Quand le sujet a conscience du contenu de ses idées et affects mais aussi de leurs origines, il est peu étonné qu’un autre puisse les deviner. Il s’agit là, selon Freud, du fonctionnement normal du mécanisme de la projection. En revanche, lorsque le sujet oublie l’origine intérieure de ses propres idées et affects, car intolérables, il attribue à un autre leur contenu : c’est là le mésusage paranoïaque de la projection. Puis, Freud se demande si ce mécanisme fonctionne à l’identique dans d’autres cas de paranoïa. Il estime que d’une manière générale […] la ténacité avec laquelle le sujet s’accroche à son idée délirante est égale à celle qu’il déploie pour chasser hors de son moi quelque autre idée intolérable. Ces malades aiment leur délire comme ils s’aiment eux-mêmes. Voilà tout le secret [de ces réactions].?[13] Freud assimile donc le délire psychotique à une réaction psychique défensive possédant un aspect narcissique. Il l’interprète sur le modèle du symptôme névrotique : le délire serait un retour du refoulé.

 
Pour conclure, soulignons que l’approche freudienne de l’entrée dans la psychose repose sur un modèle causal classique nécessitant deux implications : une prédisposition psychotique[12] et un événement devant lequel le sujet réagit grâce à un mécanisme de défense identique au mécanisme psychique déterminant la structure psychotique.

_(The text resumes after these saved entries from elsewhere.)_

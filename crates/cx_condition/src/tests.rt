//! Values of conditions.
use crate::condition::value_of;
use crate::{Value, character_value, integer_constant};
use cx_base::{NoMemory, Place, SharedList, Text};
use cx_tokens::{Kind, Token};
use std::alloc::{AllocError, Global};

fn kind_of(word: &[u8]) -> Kind {
    match word {
        [b'\'', ..] => Kind::Char,
        [b'"', ..] => Kind::String,
        [b'a'..=b'z' | b'A'..=b'Z' | b'_', ..] => Kind::Name,
        [b'0'..=b'9', ..] => Kind::Number,
        [b'@', ..] => Kind::Other,
        _ => Kind::Punct,
    }
}

fn token_of(alloc: Global, word: &[u8], space: bool) -> Result<Token, NoMemory> {
    Ok(Token {
        kind: kind_of(word),
        text: Text::from_slice(alloc, word)?,
        place: Place {
            file: 0,
            line: 1,
            column: 1,
        },
        hide: SharedList::new(),
        space,
        parts: SharedList::new(),
        digraph: false,
    })
}

// The words of a text as tokens. A blank is a separator between two, a backtick none.
fn tokens_of(alloc: Global, text: &[u8]) -> Result<Vec<Token>, NoMemory> {
    let mut tokens = Vec::new(alloc);
    for run in text.split(|byte| *byte == b' ') {
        let mut space = true;
        for word in run.split(|byte| *byte == b'`') {
            if !word.is_empty() {
                tokens.push(token_of(alloc, word, space)?)?;
            }
            space = false;
        }
    }
    Ok(tokens)
}

// A value as C writes it; `none` where there is none.
fn shown(alloc: Global, value: Option<Value>) -> Result<String, AllocError> {
    let Some(value) = value else {
        return format!(in alloc; "none");
    };
    let bits = value.bits;
    if value.is_unsigned {
        return format!(in alloc; "{bits}u");
    }
    if bits >= 9_223_372_036_854_775_808 {
        let below = 0_u64.wrapping_sub(bits);
        return format!(in alloc; "-{below}");
    }
    format!(in alloc; "{bits}")
}

fn answer(alloc: Global, text: &str) -> Result<String, NoMemory> {
    let tokens = tokens_of(alloc, text.as_bytes())?;
    let value = value_of(alloc, &tokens)?;
    Ok(shown(alloc, value)?)
}

// Each operator, and which binds more tightly.
const OPERATORS: [(&str, &str); 48] = [
    ("6 * 7", "42"),
    ("- 7 / 2", "-3"),
    ("- 7 % 2", "-1"),
    ("7 / - 2", "-3"),
    ("7 % - 2", "1"),
    ("6 + 7", "13"),
    ("6 - 7", "-1"),
    ("3 << 2", "12"),
    ("- 5 >> 1", "-3"),
    ("1 < 2", "1"),
    ("2 < 1", "0"),
    ("2 > 1", "1"),
    ("1 > 1", "0"),
    ("1 <= 1", "1"),
    ("2 <= 1", "0"),
    ("1 >= 2", "0"),
    ("1 >= 1", "1"),
    ("3 == 3", "1"),
    ("3 != 3", "0"),
    ("12 & 10", "8"),
    ("12 ^ 10", "6"),
    ("12 | 10", "14"),
    ("2 && 3", "1"),
    ("2 && 0", "0"),
    ("0 || 3", "1"),
    ("0 || 0", "0"),
    ("+ 3", "3"),
    ("- 3", "-3"),
    ("~ 3", "-4"),
    ("! 3", "0"),
    ("! 0u", "1"),
    ("1 ? 2 : 3", "2"),
    ("0 ? 2 : 3", "3"),
    ("2 + 3 * 4", "14"),
    ("2 * 3 + 4", "10"),
    ("1 << 2 + 1", "8"),
    ("1 < 2 << 1", "1"),
    ("1 == 2 < 3", "1"),
    ("2 & 2 == 2", "0"),
    ("3 ^ 1 & 2", "3"),
    ("1 | 3 ^ 2", "1"),
    ("0 && 0 | 1", "0"),
    ("1 || 0 && 0", "1"),
    ("1 || 0 ? 2 : 3", "2"),
    ("- 2 * - 3", "6"),
    ("! 1 + 1", "1"),
    ("( 2 + 3 ) * 4", "20"),
    ("- ( 1 + 2 )", "-3"),
];

// From left to right, and `?:` from right to left; types; what is not evaluated.
const RULES: [(&str, &str); 46] = [
    ("10 - 3 - 2", "5"),
    ("100 / 10 / 5", "2"),
    ("100 / 10 * 5", "50"),
    ("1 << 2 << 3", "32"),
    ("3 > 2 > 1", "0"),
    ("2 == 2 == 1", "1"),
    ("0 ? 1 : 0 ? 2 : 3", "3"),
    ("1 ? 0 ? 1 : 2 : 3", "2"),
    ("- 1 > 0u", "1"),
    ("- 1 < 0u", "0"),
    ("- 1 == 18446744073709551615u", "1"),
    ("( 1 ? - 1 : 0u ) > 0", "1"),
    ("( 0 ? 0u : - 1 ) > 0", "1"),
    ("1 << 64", "0"),
    ("1u << 63", "9223372036854775808u"),
    ("- 1 >> 64", "-1"),
    ("1 >> - 1", "2"),
    ("8 << - 2", "2"),
    ("- 1 << - 1", "-1"),
    ("- 1 << 63", "-9223372036854775808"),
    ("1 << 18446744073709551615u", "0"),
    ("( 0u - 1 ) >> 1", "9223372036854775807u"),
    ("9223372036854775807 + 1", "-9223372036854775808"),
    (
        "( - 9223372036854775807 - 1 ) / - 1",
        "-9223372036854775808",
    ),
    ("( - 9223372036854775807 - 1 ) % - 1", "0"),
    ("4294967296 * 4294967296", "0"),
    ("- 1 / 2u", "9223372036854775807u"),
    ("- 1 % 10u", "5u"),
    ("0 && 1 / 0", "0"),
    ("1 || 1 / 0", "1"),
    ("1 ? 2 : 1 / 0", "2"),
    ("0 ? 1 / 0 : 2", "2"),
    ("1 / 0 && 0", "none"),
    ("1 / 0 || 1", "none"),
    ("1 && 1 / 0", "none"),
    ("0 || 1 % 0", "none"),
    ("1 ? 1 / 0 : 2", "none"),
    ("1 % 0", "none"),
    ("1 / 0 ? 1 : 2", "none"),
    ("! ( 1 / 0 )", "none"),
    ("( 0 && 1 / 0 ) + 5", "5"),
    ("~ 0u", "18446744073709551615u"),
    ("- 1u", "18446744073709551615u"),
    ("1 && 0u", "0"),
    ("1u < 2u", "1"),
    ("1u + 1", "2u"),
];

// Constants and names.
const CONSTANTS: [(&str, &str); 50] = [
    ("0", "0"),
    ("010", "8"),
    ("0777", "511"),
    ("0x1F", "31"),
    ("0Xff", "255"),
    ("7u", "7u"),
    ("7U", "7u"),
    ("7l", "7"),
    ("7LL", "7"),
    ("7ul", "7u"),
    ("7Lu", "7u"),
    ("7llU", "7u"),
    ("7ULL", "7u"),
    ("9223372036854775807", "9223372036854775807"),
    ("9223372036854775808", "9223372036854775808u"),
    ("18446744073709551615", "18446744073709551615u"),
    ("0xffffffffffffffff", "18446744073709551615u"),
    ("18446744073709551616", "none"),
    ("08", "none"),
    ("0x", "none"),
    ("0xg", "none"),
    ("1.0", "none"),
    ("1lL", "none"),
    ("1lul", "none"),
    ("1uu", "none"),
    ("1lll", "none"),
    ("1e5", "none"),
    ("abc", "0"),
    ("sizeof", "0"),
    ("'a'", "97"),
    ("'\\n'", "10"),
    ("'\\''", "39"),
    ("'\"'", "34"),
    ("'\\\\'", "92"),
    ("'\\0'", "0"),
    ("'\\101'", "65"),
    ("'\\377'", "-1"),
    ("'\\351'", "-23"),
    ("'\\xe9'", "-23"),
    ("'\\x00041'", "65"),
    ("'\\400'", "none"),
    ("'\\1234'", "none"),
    ("'\\x100'", "none"),
    ("'\\x'", "none"),
    ("'\\q'", "none"),
    ("'ab'", "none"),
    ("''", "none"),
    ("L`'a'", "97"),
    ("u`'\\177' + U`'b'", "225"),
    ("L + 1", "1"),
];

// What has no reading.
const UNREAD: [&str; 36] = [
    "",
    "1 +",
    "( 1",
    "1 )",
    "1 ? 2",
    "1 ? 2 :",
    "? :",
    "1 : 2",
    "1 ? 2 : 3 : 4",
    "1 ? : 2",
    "1 2",
    "a b",
    "( )",
    "1 = 1",
    "1 , 2",
    "f ( 1 )",
    "sizeof ( int )",
    "\"a\"",
    "@",
    "* 1",
    "& 1",
    "1 ++ 2",
    "1 !",
    "1 ~ 2",
    "( 1 ) ( 2 )",
    "( ( 1 )",
    "( 1 ? 2 ) : 3",
    "+",
    "L 'a'",
    "L`'\\351'",
    "L`'ab'",
    "u8`'a'",
    "L`u`'a'",
    "'a' 'b'",
    "1 [ 2 ]",
    "# 1",
];

#[test]
fn operators_are_evaluated(rt: HostRuntime) {
    for (text, expected) in OPERATORS {
        let answer = answer(rt.alloc(), text).expect(&rt, "memory");
        assert_eq!(rt; answer.as_str(), expected, "at {text}");
    }
}

#[test]
fn rules_are_followed(rt: HostRuntime) {
    for (text, expected) in RULES {
        let answer = answer(rt.alloc(), text).expect(&rt, "memory");
        assert_eq!(rt; answer.as_str(), expected, "at {text}");
    }
}

#[test]
fn constants_have_their_values(rt: HostRuntime) {
    for (text, expected) in CONSTANTS {
        let answer = answer(rt.alloc(), text).expect(&rt, "memory");
        assert_eq!(rt; answer.as_str(), expected, "at {text}");
    }
}

#[test]
fn other_tokens_have_no_value(rt: HostRuntime) {
    for text in UNREAD {
        let answer = answer(rt.alloc(), text).expect(&rt, "memory");
        assert_eq!(rt; answer.as_str(), "none", "at {text}");
    }
}

#[test]
fn constants_are_found(rt: HostRuntime) {
    let found = integer_constant(b"0x1Ful").expect(&rt, "a constant");
    assert_eq!(rt; found.value, 31);
    assert!(rt; found.is_unsigned);
    let byte = character_value(b"'\\x41'").expect(&rt, "a byte");
    assert_eq!(rt; byte, 65);
}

La psychose freudienne se particularise donc par une structure dont le déclenchement, « un Ausbruch, un éclatement de la psychose, comme le soulignait déjà Freud dès le Manuscrit H de 1895 » intervient « devant un événement repérable comme déclencheur.?[48]Cependant, ce mécanisme reste obscur, Freud ne parvenant pas à dégager ses propriétés distinctives. Freud lui-même […] semble avoir de plus en plus douté, comme il le confie en 1915, que le processus nommé refoulement dans la schizophrénie ait quoi que ce soit de commun avec le refoulement dans les névroses de transfert, c’est pourquoi il s’efforça de dégager la spécificité d’un mécanisme psychotique. Le concept de “Verleugnung”, plus rarement celui de “Verwerfung”, furent les principaux utilisés à cette fin.?[49] Dans les années vingt, Freud avance le concept de Verleugnung traduit par déni, démenti ou désaveu, après celui de Verwerfung habituellement traduit par rejet dont les premières occurrences datent de 1894. Si Freud ne put concevoir un mécanisme original de la psychose, il en jeta les bases nécessaires ayant « défriché le terrain en cernant ce point resté vacant dans la théorie psychanalytique…
Au fond, les deux échecs de Freud avoués par lui-même à la fin de son œuvre fort honnêtement d’ailleurs furent cette question de la psychose et celle du désir de la femme ! Sans doute est-ce pour une  même raison, commune à ces deux énigmes ! Dans le trait psychotique, on veut la vérité sur soi, car on rejette un doute insupportable, donc ce qu’on est dans son intolérable réalité, et pour Freud la femme voulait aussi ce qu’elle n’avait pas, ce qu’elle n’était pas, soit l’idéal phallique, comme si être une simple femme était en soi insupportable ! C’est bien l’idée que l’identité puisse être un objet, un état stable qui supprime le doute qui est l’erreur commune à ces deux plans.